**Exercise brief**
From the entries, copy each line that includes "laws".
# # # # #
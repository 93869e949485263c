//! Requests of gRPC-Web over HTTP/1.1 (RFC 9112; gRPC-Web protocol): the bytes of a connection, in whatever pieces they come, become a path
//! and a message, or the first fault.
#![tactic(auto)]

mod laws;
mod reader;
mod stage;

pub use laws::{faults_are_first, pieces_join, requests_are_one, requests_are_read};
pub use reader::RequestReader;

#[cfg(test)]
mod tests;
# # # # #
**Response**
mod laws;
pub use laws::{faults_are_first, pieces_join, requests_are_one, requests_are_read};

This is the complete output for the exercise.